Updated CI - how can we automatically get the assignment rules for a VIT to update to reflect the change?

Teena H · ‎05-02-2022

Hello
First, I'd like confirmation that my assumption about VIT assignment rules is correct - by default they only execute when a VIT is first created?

Second, if that is true, is there a job/business we can configure to re-run the assigment rules based upon a CI's approval/assignment groups being modified?

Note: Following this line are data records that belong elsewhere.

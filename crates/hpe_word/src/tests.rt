use crate::encode_word;
use hpe_base::Profile;
use hpe_code::CodeTables;
use std::test::Fail;

/// The bits of the default frame marker.
const FRAME_MARKER: [u8; 32] = [
    0, 0, 0, 1, 1, 0, 1, 0, 1, 1, 0, 0, 1, 1, 1, 1, 1, 1, 1, 1, 1, 1, 0, 0, 0, 0, 0, 1, 1, 1, 0, 1,
];

#[test]
fn a_frame_of_zeros(rt: HostRuntime) -> Result<(), Fail> {
    let p = Profile::basic();
    let tables = CodeTables::new(rt.alloc())?;
    let mut block = Vec::from_slice(rt.alloc(), &FRAME_MARKER)?;
    block.resize(p.rate().block(), 0)?;
    assert!(rt; block.iter().all(|bit| *bit < 2));
    let mut symbols = vec![in rt.alloc(); 0; p.order().symbols()]?;
    encode_word(&tables, &p, &block, &mut symbols);
    assert_eq!(rt; &symbols[..2], [12, 14].as_slice());
    Ok(())
}
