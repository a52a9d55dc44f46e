// Propagation in a partial assignment: sweeps over the clauses that give a value to each clause's last
// open mark, a trail of the marks settled, and the way back along it.
#![tactic(auto)]

mod assignment;

ghost use Rattle.std.specs.Prelude.{◌≡◌, ◌≤◌, true, length};
ghost use Rattle.design.specs.Mark.{all_are_named};
ghost use Rattle.values.specs.Partial.{is_open, state_from};
ghost use Rattle.values.specs.declared.State.TheVariants.{Broken};
ghost use Rattle.sweeping.specs.Trail.{OpenIn, Given, Undone};
ghost use Rattle.sweeping.specs.Sweeps.{note, Visited, Swept, Settled};

pub use assignment::{Assignment, Clash};
use values::{State, place, state_of, value_for};

// The open mark that a sweep notes: the first that asks for its choice to be taken. A clause with an
// open mark that asks for its choice to be left is met where what is open is left.
fn note(open: Option<i16>, mark: i16) -> Option<i16>
    ensures { result ≡ note «open» mark }
{
    open.or((mark >= 0).then_some(mark))
}

impl Assignment<'_> {
    // Gives a mark's open choice a value, and puts the mark on the trail.
    pub fn set(&mut self, mark: i16, value: i16)
        requires opened { OpenIn self.old mark }
        requires valued { is_open value ≡ 0 }
        ensures { Given self.old mark value self.new }
    {
        self.trail[self.top] = mark;
        self.values[place(mark)] = value;
        self.top += 1;
    }

    // Opens the choices of the trail's last marks again.
    pub fn undo(&mut self, base: usize)
        requires { base ≤ self.old.top }
        ensures { Undone self.old base self.new }
    {
        let trail = &mut *self.trail;
        let values = &mut *self.values;
        for at in base..self.top {
            values[place(trail[at])] = 0;
        }
        self.top = base;
    }

    // The state of a clause.
    pub fn look(&self, marks: &[i16]) -> State
        requires { all_are_named (length self.now.values.now) marks.now ≡ true }
        ensures { result ≡ state_from self.now.values.now Broken marks.now }
    {
        state_of(self.values, marks)
    }

    // One clause of a sweep.
    fn visit(&mut self, marks: &[i16], open: Option<i16>) -> Result<Option<i16>, Clash>
        requires { all_are_named (length self.old.values.now) marks.now ≡ true }
        ensures { Visited marks.now self.old «open» self.new result }
    {
        match self.look(marks) {
            State::Met => Ok(open),
            State::Broken => Err(Clash),
            State::Last(mark) => {
                self.set(mark, value_for(mark));
                Ok(open)
            }
            State::Several(mark) => Ok(note(open, mark)),
        }
    }

    // One sweep over the clauses; what it noted counts where it gave no value.
    fn sweep_once(&mut self) -> Result<Option<i16>, Clash>
        ensures { Swept self.old self.new result }
    {
        let mut open = None;
        for marks in self.clauses {
            open = self.visit(marks, open)?;
        }
        Ok(open)
    }

    // Sweeps until nothing more follows, or a clause clashes. What is left is an open mark of the first
    // clause that would not be met with what is open left, if there is one.
    pub fn propagate(&mut self) -> Result<Option<i16>, Clash>
        ensures { Settled self.old self.new result }
    {
        loop {
            let before = self.top;
            let open = self.sweep_once()?;
            if self.top == before {
                return Ok(open);
            }
        }
    }
}
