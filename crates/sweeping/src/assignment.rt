ghost use Rattle.std.specs.Prelude.{◌≡◌, ◌+◌, ◌≤◌, true, length, take};
ghost use Rattle.design.specs.Mark.{all_are_named};
ghost use Rattle.solver.specs.Setting.{clauses_named};
ghost use Rattle.store.specs.Coding.{clauses_in};
ghost use Rattle.values.specs.Partial.{opens};

use store::Clauses;

// A partial assignment on the way of a search: the clauses, a value for each choice, and the trail, of
// which the first `top` numbers are the marks of choices that were given a value, in order. There is
// room on it for each choice that is open.
#[derive(Drop)]
pub struct Assignment<'a> {
    pub clauses: Clauses<'a>,
    pub trail: &'a mut [i16],
    pub values: &'a mut [i16],
    pub top: usize,
    ghost few: { length values.now ≤ 32767 },
    ghost named: { clauses_named (length values.now) (clauses_in clauses.cells.now) ≡ true },
    ghost marks: { all_are_named (length values.now) (take top trail.now) ≡ true },
    ghost room: { top + opens values.now ≤ length trail.now },
}

// Some clause has no mark that can still be true.
#[derive(Clone, Copy, PartialEq, Eq, Debug)]
pub struct Clash;
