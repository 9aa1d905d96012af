//! The rules of consensus, over any ledger book: definitions alone.
//!
//! Begin with `Book`, which says what a ledger tells the rules, and with `happens`, which says what
//! an event makes of the world.
#![tactic(auto)]
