// Pushes one list of calls through the pool and through the lanes, and prints where they differ.
#![tactic(auto)]

use lanes::Lanes;
use ledgers::fault::Fault;
use network::fault::{NetworkFault, NetworkRefusal};
use network::link::{Link, Network};
use network::message::{Decision, Message, Vote};
use pool::Pool;
use std::io;

// How many calls are made.
const CALLS: u32 = 300;

#[derive(Clone, Copy)]
enum Deed {
    Put(Message),
    Take,
    Look,
    Count,
}

#[derive(Clone, Copy)]
struct Call {
    link: Link,
    deed: Deed,
}

// What a call answers where it is taken.
#[derive(Clone, Copy, PartialEq, Eq)]
enum Answer {
    Done,
    Passed(Message),
    Counted(usize),
}

fn perform<N: Network>(network: &mut N, call: Call) -> Result<Answer, NetworkFault> {
    let Link { sender, receiver } = call.link;
    Ok(match call.deed {
        Deed::Put(message) => {
            network.put(sender, receiver, message)?;
            Answer::Done
        }
        Deed::Take => Answer::Passed(network.take(sender, receiver)?),
        Deed::Look => Answer::Passed(network.look(sender, receiver)?),
        Deed::Count => Answer::Counted(network.count(sender, receiver)?),
    })
}

// The two numbers that the output has of an outcome: the refusal's and the answer's, each 0 where there is none.
fn printed(outcome: Result<Answer, NetworkFault>) -> (u8, usize) {
    match outcome {
        Ok(Answer::Done) => (0, 0),
        Ok(Answer::Passed(message)) => (0, message.kind() as usize),
        Ok(Answer::Counted(count)) => (0, count),
        Err(fault) => (fault.number(), 0),
    }
}

fn message_of(bits: u32) -> Message {
    match bits % 5 {
        0 => Message::Prepare,
        1 => Message::Vote(Vote::Yes),
        2 => Message::Order(Decision::Drop),
        3 => Message::Ask { round: 1 },
        _ => Message::Reply {
            round: 1,
            decision: None,
        },
    }
}

// A call that the bits pick: mostly on a few links, now and then on what is no link.
fn call_of(bits: u32) -> Call {
    let link = Link {
        sender: (bits / 8 % 3) as u8,
        receiver: (bits / 64 % 4) as u8,
    };
    let deed = match bits / 512 % 8 {
        0..=3 => Deed::Put(message_of(bits / 4096)),
        4 | 5 => Deed::Take,
        6 => Deed::Look,
        _ => Deed::Count,
    };
    Call { link, deed }
}

fn main(rt: HostRuntime) -> io::Result<()> {
    let mut pool = Pool::new();
    let mut lanes = Lanes::new();
    let depth = <Lanes as Network>::link_depth();
    let mut bits = 1u32;
    for number in 0..CALLS {
        bits = bits.wrapping_mul(1664525).wrapping_add(1013904223);
        let call = call_of(bits / 256);
        let a = perform(&mut pool, call);
        if a.is_err_and(|fault| fault.refusal == NetworkRefusal::LinkFull) {
            // The lanes would take it; they are spared it, so that later calls still compare.
            let n = lanes
                .count(call.link.sender, call.link.receiver)
                .unwrap_or(0);
            println!(rt; "call {number}: the pool's link is full, the lanes hold {n} of {depth}")?;
            continue;
        }
        let b = perform(&mut lanes, call);
        if a != b {
            let ((x, y), (u, v)) = (printed(a), printed(b));
            println!(rt; "call {number}: pool {x} {y}, lanes {u} {v}")?;
        }
    }
    println!(rt; "{CALLS} calls made")
}
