ghost use Rattle.std.specs.Prelude.{◌≡◌, ◌≤◌, unsigned_abs};
ghost use Rattle.ledger.specs.Meaning.{meaning};
ghost use Rattle.ledger.specs.Payments.{Pays};
ghost use Rattle.cents.specs.Layer.{NewLayer, layer, layer_balances, layer_terms, over};
ghost use Rattle.cents.specs.Sends.{PaysCents, Sends};
ghost use Rattle.cents.specs.Sound.{layer_bounded, layer_sound};

use crate::rest::Rest;
use balances::rows::Rows;
use faults::{Fault, Refusal};
use ledger::limits::HIGHEST_BALANCE;
use ledger::terms::Terms;
use ledger::traits::{BalanceReader, CashLedger};
use prices::cents::{CENT, split};

// A ledger below, which is paid whole cents, and the rests of the layer's accounts.
#[derive(Drop)]
pub struct Cents<L: CashLedger> {
    below: L,
    rests: Rows<Rest>,
}

// Pays whole cents, unless there are none.
fn pay_cents<L: CashLedger>(ledger: &mut L, account: u32, cents: i64) -> Result<(), Fault>
    requires { unsigned_abs cents ≤ 40000000000000001 }
    ensures { PaysCents (meaning L.BalanceReader.balances L.CashLedger.terms ledger.old) account cents result (meaning L.BalanceReader.balances L.CashLedger.terms ledger.new) }
{
    if cents == 0 {
        return Ok(());
    }
    ledger.pay(account, cents * CENT)
}

// The balance of an account with a rest, if the layer knows the account then.
fn balance_over<L: CashLedger>(below: &L, account: u32, rest: Rest) -> Option<i64>
    ensures { result ≡ over (meaning L.BalanceReader.balances L.CashLedger.terms below.now) account rest }
{
    if below.lowest_balance() + CENT > HIGHEST_BALANCE {
        return None;
    }
    let balance = below.balance(account)? + i64::from(rest.value);
    (balance <= HIGHEST_BALANCE).then_some(balance)
}

impl<L: CashLedger> Cents<L> {
    // A layer over the accounts of a list, with rests of 0. A refused list makes a layer that knows none.
    pub fn new(below: L, list: &[u32]) -> Cents<L>
        ensures kept { result.below ≡ below }
        ensures layer { NewLayer (meaning L.BalanceReader.balances L.CashLedger.terms below) list.now (layer (meaning L.BalanceReader.balances L.CashLedger.terms result.below) result.rests.rows.items) }
    {
        Cents {
            below,
            rests: Rows::new(list, Rest { value: 0 }),
        }
    }

    // The ledger below.
    pub fn below(&self) -> &L
        ensures { result.now ≡ self.now.below }
    {
        &self.below
    }
}

impl<L: CashLedger> BalanceReader for Cents<L> {
    ghost balances = { λ s. layer_balances (meaning L.BalanceReader.balances L.CashLedger.terms s.below) s.rests.rows.items };

    ghost sound = { layer_sound (λ s. meaning L.BalanceReader.balances L.CashLedger.terms s.below) (λ s. s.rests.rows.items) };

    fn balance(&self, account: u32) -> Option<i64> {
        let rest = self.rests.find(account)?;
        balance_over(&self.below, account, *rest)
    }
}

impl<L: CashLedger> CashLedger for Cents<L> {
    ghost terms = { λ s. layer_terms (L.CashLedger.terms s.below) };

    ghost bounded = { layer_bounded L.CashLedger.terms (λ s. s.below) L.CashLedger.bounded };

    fn terms(&self) -> Terms {
        let below = self.below.terms();
        Terms {
            lowest: (below.lowest + CENT).min(HIGHEST_BALANCE),
            ..below
        }
    }

    // The amount and the old rest together are split: the whole cents go below, and the rest stays here.
    fn pay(&mut self, account: u32, amount: i64) -> Result<(), Fault>
        ensures pays { Pays (layer (meaning L.BalanceReader.balances L.CashLedger.terms self.old.below) self.old.rests.rows.items) account amount result (layer (meaning L.BalanceReader.balances L.CashLedger.terms self.new.below) self.new.rests.rows.items) }
        ensures sends { Sends (meaning L.BalanceReader.balances L.CashLedger.terms self.old.below) self.old.rests.rows.items account amount result (meaning L.BalanceReader.balances L.CashLedger.terms self.new.below) self.new.rests.rows.items }
    {
        let terms = self.terms();
        let unknown = Refusal::UnknownAccount.at(account);
        let rest = self.rests.find_mut(account).ok_or(unknown)?;
        let balance = balance_over(&self.below, account, *rest).ok_or(unknown)?;
        terms.check(account, balance, amount)?;
        let (cents, left) = split(amount + i64::from(rest.value));
        pay_cents(&mut self.below, account, cents)?;
        rest.value = left;
        Ok(())
    }
}
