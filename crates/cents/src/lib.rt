// The cents layer: a ledger that passes whole cents on to the ledger below it and keeps the rests.
#![tactic(auto)]

pub mod layer;
pub mod rest;
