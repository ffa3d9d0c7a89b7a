ghost use Rattle.std.specs.Prelude.{◌<◌};

// What is left of a cent, 0 to 99 ten-thousandths of a dollar.
#[derive(Clone, Copy)]
pub struct Rest {
    pub value: u8,
    ghost small: { value < 100 },
}
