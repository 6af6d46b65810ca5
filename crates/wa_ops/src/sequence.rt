ghost use Rattle.wa_ops.specs.Sequences.{OneTree, TreeReads};

/// The law that flat code is one tree at most.
pub fn one_tree()
    ensures law { OneTree }
{}

/// The law that `tree_of` finds the tree of flat code exactly where there is one.
pub fn tree_reads()
    ensures law { TreeReads }
{}
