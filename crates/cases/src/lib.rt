//! Cases of single calls as lines of text: going through them, making each call, comparing its answer and counting.
#![tactic(auto)]

mod family;
mod words;

pub use family::{Family, run};
pub use words::{CaseFault, Words, hex};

Has anyone solved this problem?

Shivam Sarawagi · ‎05-02-2022

Hi,

Assignment rules are run on the VIT which are getting created newly. Also, there is an option to reapply from the rules you can check the scheduled job "Reapply all vulnerability assignment rules" this you can run one time to reapply assignment rules on all the items (depends on the number of VITs it will take a while).

If this is very frequent and the assignment group of CI is getting changed almost daily then you can have a BR on the CI table and reevaluate the assignment of the impacted VITs.

Teena H · ‎05-02-2022

Assignment group of the CI is not changed daily - running the reapply rules seems to execute across all 4 million VITs and takes a very long time, and is a manual solution to kick off, but I'd like to see it operate only across a subset of those VITs linked to CIs that have changed as we have assignment rules which assign vulns according to the approval/assignment group fields.

Chris McDevitt · ‎05-03-2022

Hi,

So in theory I would:

Detect if the CI groups have changed
Determine if the CI has an open VI(s)
Flag that VI(s)
Run a scheduled job on those flagged VI(s)

Teena H · ‎05-04-2022

This is what I am thinking - would you do this as a business rule or a scheduled job?